(TASK REQUIREMENTS)
Go through the records underneath and write each one out again exactly.

(TASK MATERIAL)

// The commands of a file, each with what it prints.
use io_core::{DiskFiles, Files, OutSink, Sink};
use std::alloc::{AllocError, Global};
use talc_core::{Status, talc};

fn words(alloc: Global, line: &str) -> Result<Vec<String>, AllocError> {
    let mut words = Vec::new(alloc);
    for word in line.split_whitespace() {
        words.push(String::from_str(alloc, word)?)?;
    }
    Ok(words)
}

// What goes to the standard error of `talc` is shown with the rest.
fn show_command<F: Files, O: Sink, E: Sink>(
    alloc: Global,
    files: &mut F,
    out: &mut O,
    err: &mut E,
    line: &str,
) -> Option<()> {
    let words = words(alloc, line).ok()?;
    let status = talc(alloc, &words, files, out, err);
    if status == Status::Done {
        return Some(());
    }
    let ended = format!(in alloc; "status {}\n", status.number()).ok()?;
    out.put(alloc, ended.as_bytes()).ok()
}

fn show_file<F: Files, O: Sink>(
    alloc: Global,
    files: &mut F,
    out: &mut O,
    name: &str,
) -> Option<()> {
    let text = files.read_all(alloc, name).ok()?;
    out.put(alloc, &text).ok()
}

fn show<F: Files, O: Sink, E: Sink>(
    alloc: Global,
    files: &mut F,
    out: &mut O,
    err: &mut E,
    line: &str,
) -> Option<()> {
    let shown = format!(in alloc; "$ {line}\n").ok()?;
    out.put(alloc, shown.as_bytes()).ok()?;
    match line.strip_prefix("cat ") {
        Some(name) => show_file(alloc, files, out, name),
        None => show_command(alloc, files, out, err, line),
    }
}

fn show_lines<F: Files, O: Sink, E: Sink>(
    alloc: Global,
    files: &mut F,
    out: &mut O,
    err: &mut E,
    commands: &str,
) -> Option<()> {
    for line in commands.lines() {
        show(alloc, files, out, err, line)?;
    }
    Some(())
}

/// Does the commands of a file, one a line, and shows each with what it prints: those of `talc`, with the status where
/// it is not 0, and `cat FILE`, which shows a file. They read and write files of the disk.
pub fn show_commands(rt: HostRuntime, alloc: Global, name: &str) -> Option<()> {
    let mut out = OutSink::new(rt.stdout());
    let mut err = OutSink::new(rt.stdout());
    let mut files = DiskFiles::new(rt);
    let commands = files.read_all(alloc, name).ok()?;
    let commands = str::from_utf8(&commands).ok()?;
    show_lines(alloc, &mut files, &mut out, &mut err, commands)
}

(RESULT FOR THIS EXERCISE)
// The commands of a file, each with what it prints.
use io_core::{DiskFiles, Files, OutSink, Sink};
use std::alloc::{AllocError, Global};
use talc_core::{Status, talc};

fn words(alloc: Global, line: &str) -> Result<Vec<String>, AllocError> {
    let mut words = Vec::new(alloc);
    for word in line.split_whitespace() {
        words.push(String::from_str(alloc, word)?)?;
    }
    Ok(words)
}

// What goes to the standard error of `talc` is shown with the rest.
fn show_command<F: Files, O: Sink, E: Sink>(
    alloc: Global,
    files: &mut F,
    out: &mut O,
    err: &mut E,
    line: &str,
) -> Option<()> {
    let words = words(alloc, line).ok()?;
    let status = talc(alloc, &words, files, out, err);
    if status == Status::Done {
        return Some(());
    }
    let ended = format!(in alloc; "status {}\n", status.number()).ok()?;
    out.put(alloc, ended.as_bytes()).ok()
}

fn show_file<F: Files, O: Sink>(
    alloc: Global,
    files: &mut F,
    out: &mut O,
    name: &str,
) -> Option<()> {
    let text = files.read_all(alloc, name).ok()?;
    out.put(alloc, &text).ok()
}

fn show<F: Files, O: Sink, E: Sink>(
    alloc: Global,
    files: &mut F,
    out: &mut O,
    err: &mut E,
    line: &str,
) -> Option<()> {
    let shown = format!(in alloc; "$ {line}\n").ok()?;
    out.put(alloc, shown.as_bytes()).ok()?;
    match line.strip_prefix("cat ") {
        Some(name) => show_file(alloc, files, out, name),
        None => show_command(alloc, files, out, err, line),
    }
}

fn show_lines<F: Files, O: Sink, E: Sink>(
    alloc: Global,
    files: &mut F,
    out: &mut O,
    err: &mut E,
    commands: &str,
) -> Option<()> {
    for line in commands.lines() {
        show(alloc, files, out, err, line)?;
    }
    Some(())
}

/// Does the commands of a file, one a line, and shows each with what it prints: those of `talc`, with the status where
/// it is not 0, and `cat FILE`, which shows a file. They read and write files of the disk.
pub fn show_commands(rt: HostRuntime, alloc: Global, name: &str) -> Option<()> {
    let mut out = OutSink::new(rt.stdout());
    let mut err = OutSink::new(rt.stdout());
    let mut files = DiskFiles::new(rt);
    let commands = files.read_all(alloc, name).ok()?;
    let commands = str::from_utf8(&commands).ok()?;
    show_lines(alloc, &mut files, &mut out, &mut err, commands)
}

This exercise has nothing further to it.